I think what you need to worry about is How to get it up there..
unless your elevator is the ones like ikea.. you might be going up 23 level of stairs.. lol


----------



## Jasonator (Jul 12, 2011)

All High-Rises have concrete floors. This I know - I have built some. Literally nothing to worry about support.
If the movement of such a tall building is a concern - I don't know. 
Probably not as bad as a houseboat....


----------



## macframalama (Apr 17, 2012)

my only concern would be how fast does water fall from the 23'rd floor i do my water changes out the window lol


----------



## tony1928 (Apr 22, 2010)

Check with your strata rules / strata insurance policy as well. A lot of them have limits on fish tank sizes. If they do, I'm pretty sure 180 would be a teensy bit over the limit


----------



## macframalama (Apr 17, 2012)

well then that strata sounds wack lol...


----------



## tony1928 (Apr 22, 2010)

Stratas convinced me to go and buy a detached home. That's how much I like them.


----------



## Adz1 (Apr 21, 2010)

Most stratas have a 33g size limit unless you are in a townhouse.
that being said you could park cars on most floors in highrises these days...


----------



## SeaHorse_Fanatic (Apr 22, 2010)

It is to avoid strata councils that I've never even considered living in a strata-controlled complex. 

BTW, I once saw a 210g+ reef tank in an apartment d/t so if its allowed, it can be done safely. You'd have to check on what strata allows and what your building is certified for.


----------



## kacairns (Apr 10, 2012)

Why bother with a tank, just find the water main puncture a hole in it and put a rubber seal under the door, drill out holes at 4ft on the windows, you'll have a constant water exchange and a 800 sq ft by 4ft aquarium that is almost 24000gallons!


Please note above was a joke and not recommended to be done! Just in case someone actually does it and then says I suggested it!

Trust me I've seen what a water main on the 26th floor can do on a highrise, it flooded over 100 suites total.


----------



## DBam (Aug 9, 2010)

I'm surprised at how little forethought has gone into these replies. 

1) ask an engineer or draftsman if you know one. Maybe there's one poking around the forum. They can tell you the actual load you can put on that floor, distance from load bearing walls, exterior walls, etc. I'm not suggesting going and hiring an engineer, but get a more professional opinion, that way you've done your homework and done your troubleshooting and problem solving beforehand. 
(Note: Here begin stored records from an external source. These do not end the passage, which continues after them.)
// What crates below the tool answer, as text.
use qs_alloc::{assign_unit, verify_unit};
use qs_base::NoMemory;
use qs_cli::{CliFault, read_words};
use qs_elaborate::elaborate;
use qs_isa::{decode, encode};
use qs_lexer::{SOURCE_LIMIT, tokens};
use qs_lower::lower;
use qs_parser::unit;
use qs_print::print;
use qs_rows_tables::{TableFault, linear_text, places_text};
use qs_syntax::Unit;
use qs_syntax_copies::copy_unit;
use qs_syntax_vocabulary::Token;
use qs_tac::Places;
use qs_typing::check;
use std::alloc::{AllocError, Global};

// The unit of a source, where it has one.
fn read(alloc: Global, source: &[u8]) -> Option<Unit> {
    if source.len() > SOURCE_LIMIT {
        return None;
    }
    let tokens = tokens(alloc, source).ok()?;
    unit(alloc, source, &tokens).ok()
}

// The text of the unit, where its copy is printed alike.
fn text_of(alloc: Global, unit: &Unit) -> Result<Option<Vec<u8>>, NoMemory> {
    let text = print(alloc, unit)?;
    let copy = copy_unit(alloc, unit)?;
    if copy.nodes() == unit.nodes() && print(alloc, &copy)? == text {
        Ok(Some(text))
    } else {
        Ok(None)
    }
}

/// The text that the source is printed as, where its copy and the unit that the text reads back to
/// are printed alike; None where they differ, or where the source has no unit. It fails where no
/// memory is found.
pub fn printed_unit(alloc: Global, source: &[u8]) -> Result<Option<Vec<u8>>, TableFault> {
    let Some(unit) = read(alloc, source) else {
        return Ok(None);
    };
    let Some(text) = text_of(alloc, &unit)? else {
        return Ok(None);
    };
    let Some(again) = read(alloc, &text) else {
        return Ok(None);
    };
    if again.nodes() == unit.nodes() && text_of(alloc, &again)?.as_ref() == Some(&text) {
        Ok(Some(text))
    } else {
        Ok(None)
    }
}

/// The linear code of the source; None where it has no unit, or one that is ill typed or beyond the
/// limits. It fails where no memory is found.
pub fn printed_code(alloc: Global, source: &[u8]) -> Result<Option<Vec<u8>>, TableFault> {
    let Some(unit) = read(alloc, source) else {
        return Ok(None);
    };
    let Some(typed) = check(alloc, &unit).ok() else {
        return Ok(None);
    };
    let core = elaborate(alloc, &typed)?;
    let code = lower(alloc, &core)?;
    Ok(Some(linear_text(alloc, &core, &code)?.into_bytes()))
}

// The number that a word is, where there is one.
fn number_at(words: &[String], k: usize) -> Option<usize> {
    words.get(k)?.as_str().parse::<usize>().ok()
}

// A temporary of a function is moved to the place of another: the numbers of the function, of the
// other, and of the one that is moved. Nothing is moved where there are no such numbers.
fn share(all: &mut [Places], words: &[String]) {
    let (Some(f), Some(t), Some(u)) = (
        number_at(words, 0),
        number_at(words, 1),
        number_at(words, 2),
    ) else {
        return;
    };
    if f < all.len() {
        let at = all[f].at.as_mut_slice();
        if t < at.len() && u < at.len() {
            at[u] = at[t];
        }
    }
}

/// The places that the temporaries of the source are given, with one of them moved to that of
/// another where the words say so; None where it has no unit, or one that is ill typed or beyond the
/// limits, or where the test doesn't accept the places. It fails where no memory is found.
pub fn printed_places(
    alloc: Global,
    source: &[u8],
    words: &[String],
) -> Result<Option<Vec<u8>>, TableFault> {
    let Some(unit) = read(alloc, source) else {
        return Ok(None);
    };
    let Some(typed) = check(alloc, &unit).ok() else {
        return Ok(None);
    };
    let core = elaborate(alloc, &typed)?;
    let code = lower(alloc, &core)?;
    let mut places = assign_unit(alloc, &code)?;
    share(&mut places, words);
    if verify_unit(&code, &places) {
        Ok(Some(places_text(alloc, &core, &places)?.into_bytes()))
    } else {
        Ok(None)
    }
}

/// What the words mean, where they mean a command. It fails where no memory is found.
pub fn printed_command(alloc: Global, words: &[String]) -> Result<Option<Vec<u8>>, TableFault> {
    match read_words(alloc, words) {
        Ok(command) => Ok(Some(format!(in alloc; "{command:?}\n")?.into_bytes())),
        Err(CliFault::Usage) => Ok(None),
        Err(CliFault::NoMemory) => Err(TableFault::NoMemory),
    }
}

// A line for each token: what it is, its first byte and the byte behind its last.
fn lines_of(alloc: Global, tokens: &[Token]) -> Result<String, AllocError> {
    let mut text = String::new(alloc);
    for token in tokens {
        let (kind, start, end) = (token.kind, token.start, token.end);
        let line = format!(in alloc; "{kind:?} {start} {end}\n")?;
        text.push_str(line.as_str())?;
    }
    Ok(text)
}

/// The tokens of the source, or its first fault; None where it is too long. It fails where no memory
/// is found for the text.
pub fn printed_tokens(alloc: Global, source: &[u8]) -> Result<Option<Vec<u8>>, TableFault> {
    if source.len() > SOURCE_LIMIT {
        return Ok(None);
    }
    match tokens(alloc, source) {
        Ok(tokens) => Ok(Some(lines_of(alloc, &tokens)?.into_bytes())),
        Err(fault) => Ok(Some(format!(in alloc; "{fault:?}\n")?.into_bytes())),
    }
}

// The instruction that a word is and the word of that instruction.
fn line_of(alloc: Global, word: u32) -> Result<String, AllocError> {
    match decode(word) {
        Some(instruction) => {
            let again = encode(&instruction);
            format!(in alloc; "{instruction:?} {again:08x}\n")
        }
        None => format!(in alloc; "none\n"),
    }
}

/// A line for each word, a hexadecimal number: the instruction that it is, and the word of that
/// instruction; None where a word is no such number. It fails where no memory is found.
pub fn printed_instructions(
    alloc: Global,
    words: &[String],
) -> Result<Option<Vec<u8>>, TableFault> {
    let mut text = String::new(alloc);
    for word in words {
        let Ok(word) = u32::from_str_radix(word.as_str(), 16) else {
            return Ok(None);
        };
        let line = line_of(alloc, word)?;
        text.push_str(line.as_str())?;
    }
    Ok(Some(text.into_bytes()))
}
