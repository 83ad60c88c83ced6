// One temporary after the other moves into a register that is free for it.
ghost use Rattle.std.specs.Prelude.{◌≡◌, ℕ, ◌<◌, ◌^◌, [], ◌∷◌, true, false, length, MatchOption, OnOk};
ghost use Rattle.qs_alloc.specs.declared.rows.Side.TheVariants.{Written};
ghost use Rattle.qs_alloc.specs.Rows.{ListsBelow, RowsOf};
ghost use Rattle.qs_alloc.specs.LiveRanges.{NeededRows};
ghost use Rattle.qs_alloc.specs.Registers as spec;
ghost use Rattle.qs_alloc.specs.Registers.{TakenBy, MarkedBy, IsFree, IsTaken, Filled, Settled, FilledAll};

use crate::points::{crosses, points_of};
use crate::sharing::{is_for_values, is_saved_register};
use qs_base::{NoMemory, count};
use qs_calls::Parameter;
use qs_tac::{Instruction, Place};
use std::alloc::Global;

/// The registers that are held at one of these points.
fn taken_at(points: &[u32], busy: &[u32]) -> u32
    requires { ListsBelow (length busy.now) points.now }
    ensures { TakenBy points.now busy.now result }
{
    let mut taken = 0;
    for p in points {
        taken |= busy[*p as usize];
    }
    taken
}

fn mark_one(p: u32, r: u32, busy: &mut [u32])
    requires here { p < length busy.old }
    requires register { r < 32 }
    ensures { MarkedBy (p ∷ []) r busy.old busy.new }
{
    busy[p as usize] |= 1 << r;
}

/// The register is held at these points.
fn mark(points: &[u32], r: u32, busy: &mut [u32])
    requires here { ListsBelow (length busy.old) points.now }
    requires register { r < 32 }
    ensures { MarkedBy points.now r busy.old busy.new }
{
    for p in points {
        mark_one(*p, r, busy);
    }
}

fn may_stand(r: u32, crosses: bool) -> bool
    ensures { result ≡ spec.may_stand r crosses }
{
    is_for_values(r) && (!crosses || is_saved_register(r))
}

fn is_free(r: u32, crosses: bool, taken: u32) -> bool
    requires { r < 32 }
    ensures free { result ≡ true → IsFree r crosses taken }
    ensures taken { result ≡ false → IsTaken r crosses taken }
{
    may_stand(r, crosses) && (taken >> r) & 1 == 0
}

/// A free register, one that calls may change where there is one: it costs the frame nothing.
fn choose(crosses: bool, taken: u32) -> Option<u32>
    ensures { MatchOption result ((r : ℕ) → IsTaken r crosses taken) (λ r. IsFree r crosses taken) }
{
    for r in 0..32 {
        if !is_saved_register(r) && is_free(r, crosses, taken) {
            return Some(r);
        }
    }
    for r in 0..32 {
        if is_free(r, crosses, taken) {
            return Some(r);
        }
    }
    None
}

fn is_slot(place: Place) -> bool
    ensures slot { result ≡ true → (r : ℕ) → ¬ (place ≡ Place.Register r) }
    ensures register { result ≡ false → (k : ℕ) → ¬ (place ≡ Place.Slot k) }
{
    match place {
        Place::Slot(_) => true,
        Place::Register(_) => false,
    }
}

/// Moves t into a register that is free for it, if there is one.
fn settle(
    alloc: Global,
    parameters: &[Parameter],
    code: &[Instruction],
    rows: &[Vec<u32>],
    writers: &[Vec<u32>],
    t: u32,
    at: &mut [Place],
    busy: &mut [u32],
) -> Result<(), NoMemory>
    requires room { length code.now < 2 ^ 32 }
    requires rows { NeededRows code.now (length at.old) rows.now }
    requires writers { RowsOf Written code.now (length at.old) writers.now }
    requires here { t < length at.old }
    requires filled { Filled parameters.now code.now rows.now at.old busy.old }
    ensures { OnOk result (Settled parameters.now code.now rows.now t at.old at.new busy.new) }
{
    if !is_slot(at[t as usize]) {
        return Ok(());
    }
    let live = &rows[t as usize];
    let points = points_of(alloc, parameters, code, t, live, &writers[t as usize])?;
    match choose(crosses(code, live), taken_at(&points, busy)) {
        Some(r) => {
            at[t as usize] = Place::Register(r);
            mark(&points, r, busy);
            return Ok(());
        }
        None => return Ok(()),
    }
}

/// Moves the temporaries into registers, the last one first: those of parts of expressions, which
/// have short lives.
pub fn fill(
    alloc: Global,
    parameters: &[Parameter],
    code: &[Instruction],
    rows: &[Vec<u32>],
    writers: &[Vec<u32>],
    at: &mut [Place],
    busy: &mut [u32],
) -> Result<(), NoMemory>
    requires room { length code.now < 2 ^ 32 }
    requires rows { NeededRows code.now (length at.old) rows.now }
    requires writers { RowsOf Written code.now (length at.old) writers.now }
    requires filled { Filled parameters.now code.now rows.now at.old busy.old }
    ensures { OnOk result (FilledAll parameters.now code.now rows.now at.old at.new busy.new) }
{
    let mut left = count(at.len())?;
    while left > 0 {
        settle(alloc, parameters, code, rows, writers, left - 1, at, busy)?;
        left -= 1;
    }
    Ok(())
}
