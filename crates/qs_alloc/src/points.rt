// The points at which a temporary is held: the instructions, and then the entry.
ghost use Rattle.std.specs.Prelude.{◌≡◌, ◌<◌, ◌^◌, ◌↔◌, IsTrue, length, IfOk};
ghost use Rattle.std.specs.List.{list_any, slice_get};
ghost use Rattle.qs_tac.specs.TreeOf.{instruction_tree};
ghost use Rattle.qs_tac.specs.Uses.{reads};
ghost use Rattle.qs_alloc.specs.Verification.{is_among};
ghost use Rattle.qs_alloc.specs.declared.rows.Side.TheVariants.{Written};
ghost use Rattle.qs_alloc.specs.LiveRanges.{Lists};
ghost use Rattle.qs_alloc.specs.Registers as spec;
ghost use Rattle.qs_alloc.specs.Registers.{PointsOf, Crosses, ListedBelow};

use crate::certificate::{is_among, is_written};
use qs_base::NoMemory;
use qs_calls::Parameter;
use qs_tac::Instruction;
use std::alloc::Global;

fn does_read(i: &Instruction, t: u32) -> bool
    ensures { result ≡ is_among (reads (instruction_tree i.now)) t }
{
    for k in 0..i.read_limit() {
        if is_written(i.read_at(k), t) {
            return true;
        }
    }
    false
}

fn is_parameter(parameters: &[Parameter], t: u32) -> bool
    ensures { result ≡ list_any (spec.is_plain t) parameters.now }
{
    for parameter in parameters {
        if let Parameter::Plain(x) = parameter {
            if *x == t {
                return true;
            }
        }
    }
    false
}

fn is_needed_first(code: &[Instruction], t: u32, live: &[u32]) -> bool
    ensures { result ≡ spec.is_needed_first (slice_get code.now 0) t live.now }
{
    match code.get(0) {
        None => false,
        Some(i) => does_read(i, t) || (is_among(live, 0) && !is_written(i.written(), t)),
    }
}

fn is_held_at_entry(parameters: &[Parameter], code: &[Instruction], t: u32, live: &[u32]) -> bool
    ensures { result ≡ spec.is_held_at_entry parameters.now code.now t live.now }
{
    is_parameter(parameters, t) || is_needed_first(code, t, live)
}

/// Where t is needed after an instruction or written by it, or held at the entry.
pub fn points_of(
    alloc: Global,
    parameters: &[Parameter],
    code: &[Instruction],
    t: u32,
    live: &[u32],
    writers: &[u32],
) -> Result<Vec<u32>, NoMemory>
    requires room { length code.now < 2 ^ 32 }
    requires writers { Lists Written code.now t writers.now }
    ensures { IfOk result (λ points. PointsOf parameters.now code.now t live.now points.items) }
{
    let mut points = Vec::new(alloc);
    points.extend_from_slice(live)?;
    points.extend_from_slice(writers)?;
    if !is_held_at_entry(parameters, code, t, live) {
        return Ok(points);
    }
    points.push(code.len() as u32)?;
    Ok(points)
}

/// Whether one of these is a call.
pub fn crosses(code: &[Instruction], live: &[u32]) -> bool
    requires below { ListedBelow (length code.now) live.now }
    ensures { IsTrue result ↔ Crosses code.now live.now }
{
    for p in live {
        if code[*p as usize].is_call() {
            return true;
        }
    }
    false
}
2) there's a potential for water damage, and you might want to waterproof and foolproof things so the strata can't come after you and other tenants can't either. Otherwise an expensive hobby could potentially turn exorbitantly expensive.


----------



## kacairns (Apr 10, 2012)

DBam said:


> I'm surprised at how little forethought has gone into these replies.
> 
> 1) ask an engineer or draftsman if you know one. Maybe there's one poking around the forum. They can tell you the actual load you can put on that floor, distance from load bearing walls, exterior walls, etc. I'm not suggesting going and hiring an engineer, but get a more professional opinion, that way you've done your homework and done your troubleshooting and problem solving beforehand.
> 
> 2) there's a potential for water damage, and you might want to waterproof and foolproof things so the strata can't come after you and other tenants can't either. Otherwise an expensive hobby could potentially turn exorbitantly expensive.


I wouldn't worry about #1, they'd have to ask for structural drawings of the building and lots of $ to figure out that yes the concrete structure can support it fine. We are talking about concrete that is reinforced with rebar, if it was a 2x6 with 1/2 plywood with a span that couldn't meet the live and deadload requirements I would tell you NO. As I said I've said a place with 24000gallons of water evenly distributed over 800sq, if it can withstand that without the building needing engineers to verify that everything is fine after a flood of that size I'd say the live and deadload designs of highrises are withstand much more then that.

As for #2, if for some reason you ever do flood the building, make sure you have insurance that'll cover you because other tenants and the strata WILL come after you to recoup their loses or pass on the deductible to you for their damage at very minimum


----------



## jkcichlid (Apr 21, 2010)

If you see what type of loads get placed on the floors while the buildings are being built, your 180 is matchsticks compared to that.
Forklifts, huge bunks of lumber and plywood and a whole whack of steel shoring all in a footprint less than your apartment size. No need to worry about the weight issue.

Now the water issue... thats a whole other story for YOU to deal with (if it happens)


----------



## Tony (Apr 27, 2010)

thanks every one for all the info . Having a fish tank in a condo is way more works then i though.


----------



## Smiladon (Apr 23, 2010)

As far as the building goes, you should be fine. I currently have a 155G going and I live in a highrise. 

Just make sure your strata rules don't state anything for heavy objects or fish tanks.


----------